Exercise directions -
Write out every record in full, exactly as written, please.

Data entries:

//! The keys of contexts that a source names.
ghost use Rattle.std.specs.Prelude.{◌≡◌, IfOk, option_map};
ghost use Rattle.serde_json.specs.View.{view, items_view, members_view};
ghost use Rattle.lang_expressions.specs.Names.{texts_of};
ghost use Rattle.lang_expressions.specs.Kinds.{put_among, key_in, put_found, found_in, found_below, found_in_items, found_in_members, found_at, found_in_each, kinds_in};

use crate::fields::text_at;
use crate::keys::is_object_of;
use rt_values::{OutOfMemory, Text};
use serde_json::{Map, Value};
use std::alloc::Global;
use std::collections::BTreeSet;

/// One level more than JSON nests.
const LEVELS: u8 = 128;

// One key more, where it isn't one of them.
fn put_among<'a>(keys: BTreeSet<&'a str>, key: &'a str) -> Result<BTreeSet<&'a str>, OutOfMemory>
    ensures put { IfOk result (λ after. texts_of after ≡ put_among key.now (texts_of keys.entry)) }
{
    let mut keys = keys;
    keys.insert(key)?;
    Ok(keys)
}

/// The key that a value itself names: as a look-up, or as a statement that provides.
fn key_in(value: &Value) -> Option<&str>
    ensures key { option_map (λ key. key.now) result ≡ key_in (view value.now) }
{
    if is_object_of(value, &["context"]) {
        text_at(value, "context")
    } else if is_object_of(value, &["provide", "be"]) {
        text_at(value, "provide")
    } else {
        None
    }
}

fn put_found<'a>(
    value: &'a Value,
    keys: BTreeSet<&'a str>,
) -> Result<BTreeSet<&'a str>, OutOfMemory>
    ensures put { IfOk result (λ after. texts_of after
        ≡ put_found (view value.now) (texts_of keys.entry)) }
{
    match key_in(value) {
        Some(key) => put_among(keys, key),
        None => Ok(keys),
    }
}

#[cycle(found)]
#[tactic(auto, using(crate::proofs::Reading::found_levels))]
fn found_in<'a>(
    levels: u8,
    value: &'a Value,
    keys: BTreeSet<&'a str>,
) -> Result<BTreeSet<&'a str>, OutOfMemory>
    ensures found { IfOk result (λ after. texts_of after
        ≡ found_in levels (view value.now) (texts_of keys.entry)) }
{
    if levels == 0 {
        return Ok(keys);
    }
    let keys = put_found(value, keys)?;
    found_below(levels - 1, value, keys)
}

#[cycle(found)]
fn found_below<'a>(
    levels: u8,
    value: &'a Value,
    keys: BTreeSet<&'a str>,
) -> Result<BTreeSet<&'a str>, OutOfMemory>
    ensures found { IfOk result (λ after. texts_of after
        ≡ found_below (found_in levels) (view value.now) (texts_of keys.entry)) }
{
    match value {
        Value::Array(values) => found_in_items(levels, values, keys),
        Value::Object(members) => found_in_members(levels, members, keys),
        _ => Ok(keys),
    }
}

#[cycle(found)]
#[tactic(auto, using(crate::proofs::Reading::found_in_items_next), unfolding(crate::specs::Kinds::found_in_items))]
fn found_in_items<'a>(
    levels: u8,
    values: &'a [Value],
    keys: BTreeSet<&'a str>,
) -> Result<BTreeSet<&'a str>, OutOfMemory>
    ensures found { IfOk result (λ after. texts_of after
        ≡ found_in_items (found_in levels) (items_view values.now) (texts_of keys.entry)) }
{
    let mut keys = keys;
    for value in values {
        keys = found_in(levels, value, keys)?;
    }
    Ok(keys)
}

#[cycle(found)]
#[tactic(auto, unfolding(crate::specs::Kinds::found_in_members))]
fn found_in_members<'a>(
    levels: u8,
    members: &'a Map<String, Value>,
    keys: BTreeSet<&'a str>,
) -> Result<BTreeSet<&'a str>, OutOfMemory>
    ensures found { IfOk result (λ after. texts_of after
        ≡ found_in_members (found_in levels) (members_view members.now.entries) (texts_of keys.entry)) }
{
    let mut keys = keys;
    for (key, value) in members.iter() {
        keys = found_at(levels, key.as_str(), value, keys)?;
    }
    Ok(keys)
}

#[cycle(found)]
fn found_at<'a>(
    levels: u8,
    key: &str,
    value: &'a Value,
    keys: BTreeSet<&'a str>,
) -> Result<BTreeSet<&'a str>, OutOfMemory>
    ensures found { IfOk result (λ after. texts_of after
        ≡ found_at (found_in levels) key.now (view value.now) (texts_of keys.entry)) }
{
    if key != "attrs" {
        return found_in(levels, value, keys);
    }
    match value {
        Value::Object(members) => found_in_each(levels, members, keys),
        _ => Ok(keys),
    }
}

#[cycle(found)]
#[tactic(auto, unfolding(crate::specs::Kinds::found_in_each))]
fn found_in_each<'a>(
    levels: u8,
    members: &'a Map<String, Value>,
    keys: BTreeSet<&'a str>,
) -> Result<BTreeSet<&'a str>, OutOfMemory>
    ensures found { IfOk result (λ after. texts_of after
        ≡ found_in_each (found_in levels) (members_view members.now.entries) (texts_of keys.entry)) }
{
    let mut keys = keys;
    for (_key, value) in members.iter() {
        keys = found_in(levels, value, keys)?;
    }
    Ok(keys)
}

// A copy of each of them, in order.
fn copies_of(alloc: Global, keys: &BTreeSet<&str>) -> Result<Vec<Text>, OutOfMemory>
    ensures copies { IfOk result (λ copies. copies.items ≡ texts_of keys.now) }
{
    let mut copies = Vec::new(alloc);
    for key in keys.iter() {
        copies.push(Text::from_str(alloc, *key)?)?;
    }
    Ok(copies)
}

/// The keys of contexts in a source, each once and sorted by bytes.
pub fn kinds_in(alloc: Global, value: &Value) -> Result<Vec<Text>, OutOfMemory>
    ensures kinds { IfOk result (λ kinds. kinds.items ≡ kinds_in (view value.now)) }
{
    let keys = found_in(LEVELS, value, BTreeSet::new(alloc))?;
    copies_of(alloc, &keys)
}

Worked solution -
//! The keys of contexts that a source names.
ghost use Rattle.std.specs.Prelude.{◌≡◌, IfOk, option_map};
ghost use Rattle.serde_json.specs.View.{view, items_view, members_view};
ghost use Rattle.lang_expressions.specs.Names.{texts_of};
ghost use Rattle.lang_expressions.specs.Kinds.{put_among, key_in, put_found, found_in, found_below, found_in_items, found_in_members, found_at, found_in_each, kinds_in};

use crate::fields::text_at;
use crate::keys::is_object_of;
use rt_values::{OutOfMemory, Text};
use serde_json::{Map, Value};
use std::alloc::Global;
use std::collections::BTreeSet;

/// One level more than JSON nests.
const LEVELS: u8 = 128;

// One key more, where it isn't one of them.
fn put_among<'a>(keys: BTreeSet<&'a str>, key: &'a str) -> Result<BTreeSet<&'a str>, OutOfMemory>
    ensures put { IfOk result (λ after. texts_of after ≡ put_among key.now (texts_of keys.entry)) }
{
    let mut keys = keys;
    keys.insert(key)?;
    Ok(keys)
}

/// The key that a value itself names: as a look-up, or as a statement that provides.
fn key_in(value: &Value) -> Option<&str>
    ensures key { option_map (λ key. key.now) result ≡ key_in (view value.now) }
{
    if is_object_of(value, &["context"]) {
        text_at(value, "context")
    } else if is_object_of(value, &["provide", "be"]) {
        text_at(value, "provide")
    } else {
        None
    }
}

fn put_found<'a>(
    value: &'a Value,
    keys: BTreeSet<&'a str>,
) -> Result<BTreeSet<&'a str>, OutOfMemory>
    ensures put { IfOk result (λ after. texts_of after
        ≡ put_found (view value.now) (texts_of keys.entry)) }
{
    match key_in(value) {
        Some(key) => put_among(keys, key),
        None => Ok(keys),
    }
}

#[cycle(found)]
#[tactic(auto, using(crate::proofs::Reading::found_levels))]
fn found_in<'a>(
    levels: u8,
    value: &'a Value,
    keys: BTreeSet<&'a str>,
) -> Result<BTreeSet<&'a str>, OutOfMemory>
    ensures found { IfOk result (λ after. texts_of after
        ≡ found_in levels (view value.now) (texts_of keys.entry)) }
{
    if levels == 0 {
        return Ok(keys);
    }
    let keys = put_found(value, keys)?;
    found_below(levels - 1, value, keys)
}

#[cycle(found)]
fn found_below<'a>(
    levels: u8,
    value: &'a Value,
    keys: BTreeSet<&'a str>,
) -> Result<BTreeSet<&'a str>, OutOfMemory>
    ensures found { IfOk result (λ after. texts_of after
        ≡ found_below (found_in levels) (view value.now) (texts_of keys.entry)) }
{
    match value {
        Value::Array(values) => found_in_items(levels, values, keys),
        Value::Object(members) => found_in_members(levels, members, keys),
        _ => Ok(keys),
    }
}

#[cycle(found)]
#[tactic(auto, using(crate::proofs::Reading::found_in_items_next), unfolding(crate::specs::Kinds::found_in_items))]
fn found_in_items<'a>(
    levels: u8,
    values: &'a [Value],
    keys: BTreeSet<&'a str>,
) -> Result<BTreeSet<&'a str>, OutOfMemory>
    ensures found { IfOk result (λ after. texts_of after
        ≡ found_in_items (found_in levels) (items_view values.now) (texts_of keys.entry)) }
{
    let mut keys = keys;
    for value in values {
        keys = found_in(levels, value, keys)?;
    }
    Ok(keys)
}

#[cycle(found)]
#[tactic(auto, unfolding(crate::specs::Kinds::found_in_members))]
fn found_in_members<'a>(
    levels: u8,
    members: &'a Map<String, Value>,
    keys: BTreeSet<&'a str>,
) -> Result<BTreeSet<&'a str>, OutOfMemory>
    ensures found { IfOk result (λ after. texts_of after
        ≡ found_in_members (found_in levels) (members_view members.now.entries) (texts_of keys.entry)) }
{
    let mut keys = keys;
    for (key, value) in members.iter() {
        keys = found_at(levels, key.as_str(), value, keys)?;
    }
    Ok(keys)
}

#[cycle(found)]
fn found_at<'a>(
    levels: u8,
    key: &str,
    value: &'a Value,
    keys: BTreeSet<&'a str>,
) -> Result<BTreeSet<&'a str>, OutOfMemory>
    ensures found { IfOk result (λ after. texts_of after
        ≡ found_at (found_in levels) key.now (view value.now) (texts_of keys.entry)) }
{
    if key != "attrs" {
        return found_in(levels, value, keys);
    }
    match value {
        Value::Object(members) => found_in_each(levels, members, keys),
        _ => Ok(keys),
    }
}

#[cycle(found)]
#[tactic(auto, unfolding(crate::specs::Kinds::found_in_each))]
fn found_in_each<'a>(
    levels: u8,
    members: &'a Map<String, Value>,
    keys: BTreeSet<&'a str>,
) -> Result<BTreeSet<&'a str>, OutOfMemory>
    ensures found { IfOk result (λ after. texts_of after
        ≡ found_in_each (found_in levels) (members_view members.now.entries) (texts_of keys.entry)) }
{
    let mut keys = keys;
    for (_key, value) in members.iter() {
        keys = found_in(levels, value, keys)?;
    }
    Ok(keys)
}

// A copy of each of them, in order.
fn copies_of(alloc: Global, keys: &BTreeSet<&str>) -> Result<Vec<Text>, OutOfMemory>
    ensures copies { IfOk result (λ copies. copies.items ≡ texts_of keys.now) }
{
    let mut copies = Vec::new(alloc);
    for key in keys.iter() {
        copies.push(Text::from_str(alloc, *key)?)?;
    }
    Ok(copies)
}

/// The keys of contexts in a source, each once and sorted by bytes.
pub fn kinds_in(alloc: Global, value: &Value) -> Result<Vec<Text>, OutOfMemory>
    ensures kinds { IfOk result (λ kinds. kinds.items ≡ kinds_in (view value.now)) }
{
    let keys = found_in(LEVELS, value, BTreeSet::new(alloc))?;
    copies_of(alloc, &keys)
}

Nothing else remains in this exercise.